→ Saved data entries

•••

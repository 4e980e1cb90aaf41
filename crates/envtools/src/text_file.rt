//! The environment of a text, as `mkenvimage` reads it.
ghost use Rattle.std.specs.Prelude.{◌≡◌, ◌++◌, IfOk, OnOk, false, length};
ghost use Rattle.envtools.specs.FromText.{IsReadFromText, added, data_of, ending, line_of, step, within};

use crate::env::Env;
use crate::env_error::EnvError;
use envimage::DataError;
use std::alloc::{AllocError, Global};
use thiserror::Error;

/// Why a text is refused. Lines count from 1, and skipped lines count too. An entry of several lines is named by its first
/// line.
#[derive(Clone, Copy, Debug, Drop, PartialEq, Eq, Error)]
pub enum TextError {
    /// The line has no `=`.
    #[error("text line {0} has no =")]
    NoEquals(usize),
    /// The line starts with `=`.
    #[error("text line {0} has no name")]
    EmptyName(usize),
    /// Memory ran out.
    #[error("out of memory")]
    Memory,
}

impl From<AllocError> for TextError {
    ghost use Rattle.std.specs.Prelude.{◌≡◌};
    ghost use Rattle.envtools.specs.declared.text_file.TextError.TheVariants.{Memory};

    ghost from_gives = { λ _ e. e ≡ Memory };

    fn from(_error: AllocError) -> TextError {
        TextError::Memory
    }
}

/// Where a byte of a text is.
#[derive(Clone, Copy)]
enum Position {
    /// At the start of a line.
    LineStart,
    /// Within a line that is not skipped.
    InLine,
    /// Within a line that starts with `#`.
    InComment,
    /// After a backslash, which was not added yet.
    Escaped,
}

/// What a byte of a text does.
#[derive(Clone, Copy)]
struct Step {
    /// Where the next byte is.
    next: Position,
    /// Whether the backslash before this byte is added.
    backslash: bool,
    /// What is added then.
    byte: Option<u8>,
}

impl Step {
    /// A step that adds this byte, if there is one.
    fn to(next: Position, byte: Option<u8>) -> Self
        ensures { (result.next ≡ next) × (added result ≡ added (record { next = next; backslash = false; byte = byte })) }
    {
        Step {
            next,
            backslash: false,
            byte,
        }
    }

    /// How many bytes it adds.
    fn len(&self) -> usize
        ensures { result ≡ length (added self.now) }
    {
        usize::from(self.backslash) + usize::from(self.byte.is_some())
    }

    /// Adds its bytes to the data.
    fn push_to(&self, out: &mut Vec<u8>) -> Result<(), AllocError>
        ensures { OnOk result (out.new.items ≡ out.old.items ++ added self.now) }
    {
        if self.backslash {
            out.push(b'\\')?;
        }
        if let Some(byte) = self.byte {
            out.push(byte)?;
        }
        Ok(())
    }
}

/// What a byte of a line does that is not skipped.
fn within(byte: u8) -> Step
    ensures step { (result.next, added result) ≡ within byte }
    ensures plain { result.backslash ≡ false }
{
    if byte == b'\\' {
        Step::to(Position::Escaped, None)
    } else {
        Step::to(Position::InLine, Some(byte))
    }
}

/// What a byte at a position does.
fn step_of(at: Position, byte: u8) -> Step
    ensures { (result.next, added result) ≡ step at byte }
{
    match (at, byte) {
        (Position::InLine, b'\n') => Step::to(Position::LineStart, Some(0)),
        (Position::Escaped, b'\n') => Step::to(Position::LineStart, Some(b'\n')),
        (_, b'\n') => Step::to(Position::LineStart, None),
        (Position::InComment, _) => Step::to(Position::InComment, None),
        (Position::LineStart, b'#') => Step::to(Position::InComment, None),
        (Position::Escaped, _) => Step {
            backslash: true,
            ..within(byte)
        },
        (_, _) => within(byte),
    }
}

/// Adds what ends the data.
fn push_ending(out: &mut Vec<u8>, at: Position) -> Result<(), AllocError>
    ensures { OnOk result (out.new.items ≡ out.old.items ++ ending at) }
{
    match at {
        Position::Escaped => out.extend_from_slice(b"\\\0\0"),
        _ => out.extend_from_slice(b"\0\0"),
    }
}

/// The data that `mkenvimage` makes of a text.
fn text_data(alloc: Global, text: &[u8]) -> Result<Vec<u8>, AllocError>
    ensures { IfOk result (λ made. made.items ≡ data_of text.now) }
{
    let mut made = Vec::new(alloc);
    let mut at = Position::LineStart;
    for byte in text {
        let step = step_of(at, *byte);
        step.push_to(&mut made)?;
        at = step.next;
    }
    push_ending(&mut made, at)?;
    Ok(made)
}

/// The number of the line from which the byte at a place of the data comes.
fn line_of(text: &[u8], place: usize) -> usize
    ensures { result ≡ line_of text.now place }
{
    let mut at = Position::LineStart;
    let mut line = 1;
    let mut left = place;
    for byte in text {
        let step = step_of(at, *byte);
        if left < step.len() {
            return line;
        }
        left -= step.len();
        if *byte == b'\n' {
            line += 1;
        }
        at = step.next;
    }
    line
}

/// Reads the environment of a text, as `mkenvimage` puts it into an image: each line is a variable `NAME=VALUE`. Empty
/// lines and lines that start with `#` are skipped. A newline after a backslash belongs to the value, and the backslash does
/// not; the lines that are skipped are skipped there too. The last line may lack its newline. Each name is there once, in its
/// first place, with its last value.
///
/// Errors: `NoEquals` or `EmptyName` for the first line that is no variable; `Memory`.
pub fn from_text(alloc: Global, text: &[u8]) -> Result<Env, TextError>
    ensures { IsReadFromText text.now result }
{
    let made = text_data(alloc, text)?;
    match Env::from_data(alloc, &made) {
        Ok(env) => Ok(env),
        Err(EnvError::Content(DataError::NoEquals(place))) => {
            Err(TextError::NoEquals(line_of(text, place)))
        }
        Err(EnvError::Content(DataError::EmptyName(place))) => {
            Err(TextError::EmptyName(line_of(text, place)))
        }
        Err(_) => Err(TextError::Memory),
    }
}
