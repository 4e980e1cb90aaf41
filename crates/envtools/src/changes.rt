//! Many changes of an environment at once.
ghost use Rattle.std.specs.Prelude.{◌≡◌, map, fold, IfOk, OnOk};
ghost use Rattle.envimage.specs.Entries.{pair_at};
ghost use Rattle.envtools.specs.Changes.{with_change, with_changes};
ghost use Rattle.keyed_hash.specs.Keyed.{with_text};

use crate::draft::Draft;
use crate::env::{Env, is_name, is_value};
use crate::list::VariableList;
use keyed_hash::KeyedHash;
use std::alloc::{AllocError, Global};

/// Gives a name a value, if a variable may have both. Errors: memory ran out.
fn make<'a>(draft: &mut Draft<'a>, name: &'a [u8], value: &'a [u8]) -> Result<(), AllocError>
    ensures { OnOk result (draft.new ≡ with_change draft.old (name.now, value.now)) }
{
    if is_name(name) && is_value(value) {
        return draft.change(name, value);
    }
    Ok(())
}

/// Gives names values, one after another. Errors: memory ran out.
fn make_all<'a>(draft: &mut Draft<'a>, changes: &[(&'a [u8], &'a [u8])]) -> Result<(), AllocError>
    ensures { OnOk result (draft.new ≡ with_changes draft.old (map pair_at changes.now)) }
{
    for (name, value) in changes {
        make(draft, name, value)?;
    }
    Ok(())
}

/// A hash with the names of changes after its key, one after another.
fn hasher_with(first: KeyedHash, changes: &[(&[u8], &[u8])]) -> KeyedHash
    ensures { result ≡ fold (λ hasher change. with_text hasher change.0) first (map pair_at changes.now) }
{
    let mut hasher = first;
    for (name, _value) in changes {
        hasher = hasher.with(name);
    }
    hasher
}

impl Env {
    /// The environment after changes, each a name and a value, one after another. Each is made as by
    /// `change` with one word: an empty value deletes. One is left out if no variable may have its name
    /// or its value. The time grows with the environment and the changes, not with their product.
    /// Errors: memory ran out.
    pub fn changed_by(&self, changes: &[(&[u8], &[u8])]) -> Result<Env, AllocError>
        ensures { IfOk result (λ env. env ≡ with_changes self.now (map pair_at changes.now)) }
    {
        let alloc = self.allocator();
        let list = VariableList::with_pairs(self.pairs()?);
        let mut draft = Draft::of(alloc, &list)?;
        make_all(&mut draft, changes)?;
        let changed = VariableList::with_pairs(draft.pairs(alloc)?);
        Env::of_list(alloc, &changed, hasher_with(self.hasher(), changes))
    }
}
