//! The environment that a board has once U-Boot has read an image.
ghost use Rattle.std.specs.Prelude.{◌≡◌, IfOk, OnOk, false, filter};
ghost use Rattle.text.specs.Words.{is_space};
ghost use Rattle.envimage.specs.Data.{IsVariable};
ghost use Rattle.envtools.specs.Importing as says;

use crate::env::Env;
use std::alloc::{AllocError, Global};
use text::{cut_front, is_space};

/// Whether a byte is a space or a tab.
fn is_blank(byte: u8) -> bool
    ensures { result ≡ is_space byte }
{
    is_space(byte)
}

/// A name without the blanks in front of it.
fn imported_name(name: &[u8]) -> &[u8]
    ensures { result.now ≡ says.imported_name name.now }
{
    cut_front(name, is_blank)
}

/// Whether a name without the blanks in front of it names a variable.
fn names_variable(name: &[u8]) -> bool
    ensures { result ≡ says.names_variable name.now }
{
    match name {
        [byte, ..] => *byte != b'#',
        [] => false,
    }
}

/// Whether it is not followed what U-Boot does with a stored variable.
fn is_doubtful(name: &[u8], value: &[u8]) -> bool
    ensures { result ≡ says.is_doubtful (name.now, value.now) }
{
    imported_name(name).is_empty() && !value.is_empty()
}

/// A value without the backslash before each byte.
fn imported_value(alloc: Global, value: &[u8]) -> Result<Vec<u8>, AllocError>
    ensures { IfOk result (λ bytes. bytes.items ≡ says.imported_value false value.now) }
{
    let mut bytes = Vec::new(alloc);
    let mut behind = false;
    for byte in value {
        behind = *byte == b'\\' && !behind;
        if !behind {
            bytes.push(*byte)?;
        }
    }
    if behind {
        bytes.push(b'\\')?;
    }
    Ok(bytes)
}

impl Env {
    /// Gives the name of a stored variable its value, which may be empty.
    fn import(&mut self, name: &[u8], value: &[u8]) -> Result<(), AllocError>
        requires { IsVariable (name.now, value.now) }
        ensures { OnOk result (self.new ≡ says.with_imported self.old (name.now, value.now)) }
    {
        let name = imported_name(name);
        if !names_variable(name) {
            return Ok(());
        }
        let value = imported_value(self.allocator(), value)?;
        self.assign(name, &value)
    }

    /// The variables whose values are not empty.
    fn only_set(&self) -> Result<Env, AllocError>
        ensures { IfOk result (λ env. env ≡ filter says.is_set self.now) }
    {
        let mut env = Env::with_hasher(self.allocator(), self.hasher());
        for place in 0..self.len() {
            let (name, value) = self.pair(place).unwrap();
            if !value.is_empty() {
                env.assign(name, value)?;
            }
        }
        Ok(env)
    }

    /// The environment that a board has once U-Boot has read this one from its image: backslashes in
    /// values and blanks in front of names are dropped, names that start with `#` are left out, and an
    /// empty value deletes. It is empty if a variable with a value has a name of blanks alone: what
    /// U-Boot does then is not followed. Errors: memory ran out. Source: lib/hashtable.c, `himport_r`.
    pub fn imported(&self) -> Result<Env, AllocError>
        ensures { IfOk result (λ env. env ≡ says.imported self.now) }
    {
        let mut env = Env::with_hasher(self.allocator(), self.hasher());
        for place in 0..self.len() {
            let (name, value) = self.pair(place).unwrap();
            if is_doubtful(name, value) {
                return Ok(Env::new(self.allocator()));
            }
            env.import(name, value)?;
        }
        env.only_set()
    }
}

•••

→ Work request
The lines from the top of the data above down to the line containing "pub enum TextError" are to be copied exactly; no other line should appear.

→ Your response
repository 4e980e1cb90aaf41
filename crates/envtools/src/text_file.rt
//! The environment of a text, as `mkenvimage` reads it.
ghost use Rattle.std.specs.Prelude.{◌≡◌, ◌++◌, IfOk, OnOk, false, length};
ghost use Rattle.envtools.specs.FromText.{IsReadFromText, added, data_of, ending, line_of, step, within};

use crate::env::Env;
use crate::env_error::EnvError;
use envimage::DataError;
use std::alloc::{AllocError, Global};
use thiserror::Error;

/// Why a text is refused. Lines count from 1, and skipped lines count too. An entry of several lines is named by its first
/// line.
#[derive(Clone, Copy, Debug, Drop, PartialEq, Eq, Error)]
pub enum TextError {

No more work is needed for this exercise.